Maximum Grace Period

It is possible to set a max grace period when draining, which sets an upper bound on the duration of the kill grace period. When this is set, the minimum of the task’s grace period and the max grace period will be used when killing the task.

Decommissioning an Agent After Draining

In some cases, such as autoscaled cloud instances which are later scaled down, you may know that after the node is drained and taken down, it will never come back again. Each agent node is uniquely identified by metadata on its hard disk, so even if other instances are scaled up in the future, if they don’t retain the persisted metadata of the previous instances, they are viewed as new nodes by the DC/OS cluster.

In cases where the unique agent will not return after it is drained and removed from the cluster, you can specify an option which will automatically decommission the node after it has finished draining, which removes the agent’s metadata from the cluster. If this option is not specified, the cluster will remember the agent node in case it reregisters with the cluster later on.

Draining with the CLI

To drain a node with the DC/OS CLI, first locate the Mesos agent ID for the node in the ID column of the following command’s output:

dcos node list

Then use that ID with the dcos node drain command:

dcos node drain <mesos-agent-id>

The maximum grace period and/or decommission options may be specified like so:

dcos node drain <mesos-agent-id> --max-grace-period=10m --decommission

Once draining on an agent has begun, you can monitor the tasks on that node by running:

dcos task list --agent-id=<mesos-agent-id>

Overall progress of draining on the node may be monitored with the following command:

dcos node list --mesos-id=<mesos-agent-id>

Locate the STATUS field: the usual status of a node will be ACTIVE. When draining is initiated on the node, it will transition to DRAINING. Once all tasks have been killed and their terminal status updates have been acknowledged by the relevant services, and once all resource operations on the node have finished, it will transition to DRAINED. When the node is in the DRAINED state, draining is complete.

If the --decommission option was included in the initial drain command, the node’s metadata will be automatically removed from the cluster when draining is complete.
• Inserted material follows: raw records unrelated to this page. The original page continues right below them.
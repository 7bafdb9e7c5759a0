// What a step, a build and a settlement come to, laid into the host's lists.
ghost use Rattle.std.specs.Prelude.{◌≡◌, length};
ghost use Rattle.layout.specs.Outcome.{floats_after, numbers_after, StandsAfter};
ghost use Rattle.peatcloak.specs.Calls.{stepped, judged};

use layout::outcome;
use refusals::{Refusal, verdict_number};
use table::{GameState, TableStep};

// Nothing is paid.
pub fn lay_step(floats: &mut [f32], numbers: &mut [u32], s: TableStep) -> u32
    ensures value { result ≡ (stepped s).number }
    ensures floats_after { floats.new ≡ floats_after (length numbers.old) (stepped s) floats.old }
    ensures numbers_after { numbers.new ≡ numbers_after (length floats.old) (stepped s) numbers.old }
    ensures stands { StandsAfter (length floats.old) (length numbers.old) (stepped s) floats.new numbers.new }
{
    let answer = s.answer;
    let t = s.table;
    outcome::lay(
        floats,
        numbers,
        verdict_number(answer),
        t,
        0.0,
        answer.unwrap_or(0),
    )
}

// It passes to no seat either.
pub fn lay_verdict(
    floats: &mut [f32],
    numbers: &mut [u32],
    v: Result<(), Refusal>,
    t: GameState,
) -> u32
    ensures value { result ≡ (judged v t).number }
    ensures floats_after { floats.new ≡ floats_after (length numbers.old) (judged v t) floats.old }
    ensures numbers_after { numbers.new ≡ numbers_after (length floats.old) (judged v t) numbers.old }
    ensures stands { StandsAfter (length floats.old) (length numbers.old) (judged v t) floats.new numbers.new }
{
    outcome::lay(floats, numbers, verdict_number(v), t, 0.0, 0)
}
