// What the journal's calls are told, and what they tell, as words of the host's lists.
ghost use Rattle.std.specs.Prelude.{◌≡◌, ◌%◌, set};
ghost use Rattle.refusals.specs.Number.{journal_number};
ghost use Rattle.peatcloak.specs.Writing.{title_fits, title_in, letter_of};
ghost use Rattle.peatcloak.specs.Reading.{block_words, hand_words};

use journal::block::{Head, Title};
use journal::hand::HandHead;
use keys::HandKey;
use layout::words;
use refusals::JournalError;

// ---- in

// Whether a title is whole (code, year, hand, edition), and each word in the range of what it stands for.
pub fn title_fits(title: &[u32]) -> bool
    ensures { result ≡ title_fits title.now }
{
    (4 <= title.len())
        & (words::is_below(title, 0, 65536)
            & (words::is_below(title, 1, 65536) & words::is_below(title, 3, 256)))
}

pub fn title_of(title: &[u32]) -> Title
    ensures { result ≡ title_in title.now }
{
    let key = HandKey {
        code: words::set_at(title, 0),
        year: words::set_at(title, 1),
        hand: words::word_at(title, 2),
    };
    Title {
        key,
        edition: words::byte_at(title, 3),
    }
}

// A letter as a byte; 0, which is no letter, for what is no byte.
pub fn letter_of(letter: u32) -> u8
    ensures { result ≡ letter_of letter }
{
    if letter < 256 { letter as u8 } else { 0 }
}

// The number of a block within its hand as a byte.
pub fn index_of(index: u32) -> u8
    ensures { result ≡ index % 256 }
{
    (index % 256) as u8
}

// ---- out

pub fn refused(e: JournalError) -> u32
    ensures { result ≡ journal_number e }
{
    words::word_of_byte(e.number())
}

// A word at the first place of a list, where it has one.
pub fn tell(out: &mut [u32], word: u32)
    ensures { out.new ≡ set out.old 0 word }
{
    if 1 <= out.len() {
        out[0] = word;
    }
}

// What a block says of itself, in the order of include/peatcloak.h.
pub fn block_words(h: Head) -> [u32; 7]
    ensures { result ≡ block_words h }
{
    let title = h.title;
    let key = title.key;
    [
        words::word_of_set(key.code),
        words::word_of_set(key.year),
        key.hand,
        words::word_of_byte(title.edition),
        words::word_of_byte(h.index),
        words::word_of_flag(h.last),
        words::word_of_byte(h.used),
    ]
}

// What the blocks of a hand say.
pub fn hand_words(h: HandHead) -> [u32; 6]
    ensures { result ≡ hand_words h }
{
    let title = h.title;
    let key = title.key;
    [
        words::word_of_set(key.code),
        words::word_of_set(key.year),
        key.hand,
        words::word_of_byte(title.edition),
        words::word_of(h.blocks),
        words::word_of(h.entries),
    ]
}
It’s important to note that decommissioning the node will also cause all local persistent data on that node to be lost. If the decommission option is not specified, the cluster will wait for the node to be manually reactivated when any planned maintenance or other update procedures are finished.

Before performing maintenance, stop the dcos-mesos-slave systemd unit (or dcos-mesos-slave-public for public agents) on the node so that the agent no longer attempts to register with the master:

systemctl stop dcos-mesos-slave

Reactivating an Agent Node After Maintenance

When maintenance is complete and you are ready to reactivate the node and allow it to rejoin the cluster, you may do so with the following command:

dcos node reactivate <mesos-agent-id>

Then start the dcos-mesos-slave systemd unit (or dcos-mesos-slave-public for public agents) by executing the following command on the node, and the agent will rejoin the cluster:

systemctl start dcos-mesos-slave

Monitoring Draining with the UI

You may also monitor the draining of an agent via the DC/OS UI. To do so, navigate to the Nodes overview pane. The Status column will list either Active, Draining, or Drained, similar to the output of the CLI’s node list command.

Notes Regarding Node Draining

Once draining is initiated on an agent node, it cannot be cancelled. This command should be used with caution, especially if executed with the --decommission option, as this results in the node’s permanent removal from the cluster when draining is complete.

If a node becomes stuck in the DRAINING state and does not transition to DRAINED after the expected duration (either the duration specified in the --max-grace-period argument, or the longest kill grace period of the tasks running on the node), then it should be inspected to determine the cause. It is not necessary to issue the dcos node drain command again once a node is in the DRAINING state; this will have no effect. If all tasks on the node have terminated, then it’s possible that either a terminal task status update has not been acknowledged by the relevant service, or a resource operation on that node has not finished. To rule out the former, inspect the relevant services which were running tasks on the node and ensure that they are running and available. You can list the tasks on the node to discover which services may not have acknowledged their terminal updates:

dcos task list --agent-id=<mesos-agent-id>

To rule out the latter, the GET_OPERATIONS call may be used on the agent node in order to inspect any currently-pending resource operations. If a resource operation is still in the Pending state, the operation may be long-running and take some time to complete, or it may be stuck due to some issue with the storage backend which is actually performing the operation.

Draining an Agent Node Manually

While the automatic draining procedure described above is likely sufficient for most use cases, it is also possible to drain a node manually when more control over the draining process is required. To do this, first deactivate the node:

dcos node deactivate <mesos-agent-id>

This will stop any new workloads from being launched on that agent. At this point, the APIs exposed by individual services may be used to kill any tasks running on the node. For example, for typical apps and pods launched via the DC/OS UI, the API of the Marathon container orchestrator can be used to terminate the associated tasks. Once all tasks on the node have been killed, it can be taken down for maintenance, and then reactivated once maintenance is complete:

dcos node reactivate <mesos-agent-id>